Upstream issues can be found and filed in the GitHub issue tracker.
Monitoring and testing
The site, like other static mirrors, is monitored by Nagios with
the dsa_check_staticsync
check, which ensures all mirrors are up to
date.
Logs and metrics
There are no logs or metrics specific to this service, see the static site service for details.
Backups
Does not need special backups: backed up as part of the regular static site and git services.
Other documentation
- cState home page
- demo site
- cState wiki, see in particular the usage and configuration guides
Discussion
Overview
This project comes from two places:
-
during the 2020 TPA user survey, some respondents suggested to document "down times of 1h or longer" and better communicate about service statuses
-
separately, following a major outage in the Tor network due to a DDOS, the network team and network health teams asked for a dashboard to inform tor users about such problems in the future
This is therefore a project spanning multiple teams, with different stakeholders. The general idea is to have a site (say status.torproject.org) that simply shows users how things are going, in an easy to understand form.
Goals
In general, the goal is to provide a simple interface to provide users with status updates.
Must have
- user-friendly: the public website must be easy to understand by the Tor wider community of users (not just TPI/TPA)
-
status updates and progress: "post status problem we know about
so the world can learn if problems are known to the Tor team."
- example: "[recent] v3 outage where we could have put out a small FAQ right away (go static HTML!) and then update the world as we figure out the problem but also expected return to normal."
- multi-stakeholder: "easily editable by many of us namely likely the network health team and we could also have the network team to help out"

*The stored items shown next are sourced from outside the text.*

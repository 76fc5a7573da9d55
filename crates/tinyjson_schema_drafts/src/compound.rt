//! Compound documents: a schema with further documents embedded.
ghost use Rattle.std.specs.Prelude.{◌≡◌, ◌||◌, false, map, IfErr, IfOk};
ghost use Rattle.std.specs.Option.{option_map_or};
ghost use Rattle.tinyjson.specs.Tree.{object, no_members};
ghost use Rattle.tinyjson.specs.View.{view};
ghost use Rattle.tinyjson_schema_drafts.specs.Meta.{published};
ghost use Rattle.tinyjson_schema_drafts.specs.References.{compound_of, draft_of, is_older, embed, seen};
ghost use Rattle.tinyjson_schema_drafts.specs.References.{referring, with_reference};
ghost use Rattle.tinyjson_schema_drafts.specs.References.{EmbedsOne, EmbedsAll, HasMetaSchemas};
ghost use Rattle.tinyjson_schema_drafts.specs.References.{IsCause, IsResourceOf};
ghost use Rattle.std.specs.Prelude.{Some};
ghost use Rattle.tinyjson_schema_drafts.specs.Messages.{embed_error_message};

use crate::dialect::{draft_of, is_older};
use crate::document::{string_of, with_document};
use crate::draft::Draft;
use crate::meta::MetaSchema;
use crate::read::read_as;
use crate::wanted::wanted;
use std::alloc::{AllocError, Global};
use std::collections::HashMap;
use std::error::Error;
use std::fmt;
use tinyjson::{JsonParseError, JsonValue};
use tinyjson_pointer::put_member;
use tinyjson_schema_bundle::{bundle_of, bundled};
use tinyjson_schema_keywords::Keyword;

/// A compound document (Core, 9.3): a schema in the words of 2020-12, with its documents in `$defs`.
#[derive(Drop)]
pub struct Compound {
    pub tree: JsonValue,
    /// Whether the schema or one of the documents is of an older draft.
    pub is_older: bool,
}

/// Why a meta-schema is not embedded.
#[derive(Debug, Drop)]
pub enum EmbedError {
    /// The text of this meta-schema is no JSON. None of this crate is so.
    NotJson(MetaSchema, JsonParseError),
    /// An allocation failed.
    OutOfMemory,
}

impl From<AllocError> for EmbedError {
    ghost use Rattle.tinyjson_schema_drafts.specs.declared.compound.EmbedError.{EmbedError};

    ghost from_gives = { λ _ e. e ≡ EmbedError.OutOfMemory };

    fn from(_: AllocError) -> EmbedError {
        EmbedError::OutOfMemory
    }
}

impl fmt::Display for EmbedError {
    ghost output = { λ e. Some (embed_error_message e) };

    fn fmt<W: fmt::Write>(&self, f: &mut fmt::Formatter<W>) -> fmt::Result {
        match self {
            EmbedError::NotJson(schema, _) => write!(
                f,
                "the meta-schema {} is no JSON text",
                schema.uri
            ),
            EmbedError::OutOfMemory => f.write_str("out of memory"),
        }
    }
}

impl Error for EmbedError {}

/// The schema in the words of 2020-12, with no further document: by the draft that it names, or else by the default. The
/// only error is out of memory.
///
/// ```
/// // Of {"$schema":"http://json-schema.org/draft-07/schema#","items":[true]}:
/// let compound = compound_of(schema, Draft::Draft202012, alloc)?; // {"prefixItems":[true]}, and it is older
/// ```
pub fn compound_of(schema: JsonValue, default: Draft, alloc: Global) -> Result<Compound, AllocError>
    ensures { IfOk result (λ c. seen c ≡ compound_of default (view schema)) }
{
    let is_older = is_older(draft_of(&schema, default));
    let tree = read_as(schema, default, alloc)?;
    Ok(Compound { tree, is_older })
}

/// A schema without keywords, and without documents.
pub fn empty_compound(alloc: Global) -> Compound
    ensures { seen result ≡ (object no_members, false) }
{
    Compound {
        tree: JsonValue::Object(HashMap::new(alloc)),
        is_older: false,
    }
}

/// The schema as a document of one resource in the words of 2020-12, without meta-schemas: as [`read_as`] returns it, and
/// then as `bundled` of `tinyjson_schema_bundle` does. The only error is out of memory.
///
/// ```
/// // Of {"$ref":"x","$defs":{"y":{"$id":"x"}}}:
/// let tree = resource_of(schema, Draft::Draft202012, alloc)?; // {"$defs":{"y":{}},"$ref":"#/$defs/y"}
/// ```
pub fn resource_of(
    schema: JsonValue,
    default: Draft,
    alloc: Global,
) -> Result<JsonValue, AllocError>
    ensures { IfOk result (λ v. IsResourceOf default (view schema) (view v)) }
{
    let tree = read_as(schema, default, alloc)?;
    let whole = bundled(&tree, alloc);
    tree.dismantle();
    whole
}

/// The schema with a further document that was found at the URI (Core, 9.1.1 and 9.3.1), which is read in the draft that
/// it names, or else in the default. The only error is out of memory.
///
/// ```
/// // Of {"$ref":"a"} and {"$schema":"http://json-schema.org/draft-07/schema#","items":[true]}, found at a:
/// let compound = embed(compound, "a", document, Draft::Draft202012, alloc)?;
/// // {"$defs":{"a":{"$id":"a","prefixItems":[true]}},"$ref":"a"}
/// ```
pub fn embed(
    compound: Compound,
    uri: &str,
    document: JsonValue,
    default: Draft,
    alloc: Global,
) -> Result<Compound, AllocError>
    ensures { IfOk result
        (λ c. seen c ≡ embed default uri.now (view document) (seen compound)) }
{
    let is_older = has_older(&compound, &document, default);
    let document = read_as(document, default, alloc)?;
    let tree = with_document(compound.tree, uri, document, alloc)?;
    Ok(Compound { tree, is_older })
}

/// Whether the schema or the document is of an older draft.
fn has_older(compound: &Compound, document: &JsonValue, default: Draft) -> bool
    ensures { result ≡ (seen compound.now).1 || is_older (draft_of default (view document.now)) }
{
    compound.is_older || is_older(draft_of(document, default))
}

/// The schema as a document of one resource, as [`bundled`] of `tinyjson_schema_bundle` makes it. The meta-schemas are
/// embedded first that it does not have, and into which references lead that lead nowhere in it (Core, 9.3.1).
///
/// It is recursive: it takes stack with the nesting of the schema.
///
/// ```
/// // Of {"$ref":"http://json-schema.org/draft-07/schema#"}:
/// let whole = with_meta_schemas(compound, alloc)?; // a schema that accepts the schemas of draft 7
/// ```
pub fn with_meta_schemas(compound: Compound, alloc: Global) -> Result<Compound, EmbedError>
    ensures ok { IfOk result (λ c. HasMetaSchemas (seen compound) (seen c)) }
    ensures err { IfErr result IsCause }
{
    let bundle = bundle_of(&compound.tree, alloc)?;
    let single = bundle_or(&bundle, &compound.tree);
    let documents = wanted(&compound.tree, single, alloc)?;
    if documents.as_slice().is_empty() {
        return Ok(in_its_place(compound, bundle));
    }
    if let Some(tree) = bundle {
        tree.dismantle();
    }
    let whole = with_all(compound, documents.as_slice(), alloc)?;
    let bundle = bundle_of(&whole.tree, alloc)?;
    Ok(in_its_place(whole, bundle))
}

/// The bundle of a schema, which is the schema itself if there is no other.
fn bundle_or<'a>(bundle: &'a Option<JsonValue>, tree: &'a JsonValue) -> &'a JsonValue
    ensures { view result.now ≡ option_map_or view bundle.now (view tree.now) }
{
    match bundle {
        Some(bundle) => bundle,
        None => tree,
    }
}

/// The schema with the bundle in its place, if there is one.
fn in_its_place(compound: Compound, bundle: Option<JsonValue>) -> Compound
    ensures { seen result ≡ (option_map_or view bundle (view compound.tree), compound.is_older) }
{
    let Some(tree) = bundle else {
        return compound;
    };
    compound.tree.dismantle();
    Compound {
        tree,
        is_older: compound.is_older,
    }
}

/// The schema with these meta-schemas.
fn with_all(
    compound: Compound,
    documents: &[MetaSchema],
    alloc: Global,
) -> Result<Compound, EmbedError>
    ensures ok { IfOk result
        (λ c. EmbedsAll (map published documents.now) (seen compound) (seen c)) }
    ensures err { IfErr result IsCause }
{
    let mut whole = compound;
    for document in documents {
        let next = with_one(whole, *document, alloc)?;
        whole = next;
    }
    Ok(whole)
}

/// The schema with this meta-schema.
fn with_one(compound: Compound, document: MetaSchema, alloc: Global) -> Result<Compound, EmbedError>
    ensures ok { IfOk result (λ c. EmbedsOne (published document) (seen compound) (seen c)) }
    ensures err { IfErr result IsCause }
{
    match JsonValue::from_str(alloc, document.text) {
        Ok(tree) => {
            let whole = embed(compound, document.uri, tree, Draft::Draft202012, alloc)?;
            Ok(whole)
        }
        Err(error) => {
            if error.is_out_of_memory() {
                return Err(EmbedError::OutOfMemory);
            }
            Err(EmbedError::NotJson(document, error))
        }
    }
}

/// The schema with a reference to the URI, in the place of one that it has. A schema that is no object stays. The only
/// error is out of memory.
///
/// ```
/// let schema = referring(&schema, "a", alloc)?; // {"$defs":{}} becomes {"$defs":{},"$ref":"a"}
/// ```
pub fn referring(schema: &JsonValue, uri: &str, alloc: Global) -> Result<JsonValue, AllocError>
    ensures { IfOk result (λ v. view v ≡ referring uri.now (view schema.now)) }
{
    let reference = string_of(uri, alloc)?;
    let copy = schema.try_clone(alloc)?;
    with_reference(copy, reference, alloc)
}

/// The object with this `$ref`; any other value stays.
fn with_reference(
    schema: JsonValue,
    reference: JsonValue,
    alloc: Global,
) -> Result<JsonValue, AllocError>
    ensures { IfOk result (λ v. view v ≡ with_reference (view reference) (view schema)) }
{
    match schema {
        JsonValue::Object(mut members) => {
            put_member(&mut members, Keyword::Ref.name(), reference, alloc)?;
            Ok(JsonValue::Object(members))
        }
        other => Ok(other),
    }
}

- simple to deploy and use: pushing an update shouldn't require complex software or procedures. editing a text file, committing and pushing, or building with a single command and pushing the HTML, for example, is simple enough. installing a MySQL database and PHP server, for example, is not simple enough.
- keep it simple
- free-software based
Nice to have
- deployment through GitLab (pages?), with contingency plans
- separate TLD to thwart DNS-based attacks against torproject.org
- same tool for multiple teams
- per-team filtering
- RSS feeds
- integration with social media?
- responsive design
Non-Goals
- automation: updating the site is a manual process. no automatic reports of sensors/metrics or Nagios, as this tends to complicate the implementation and cause false positives
Approvals required
TPA, network team, network health team.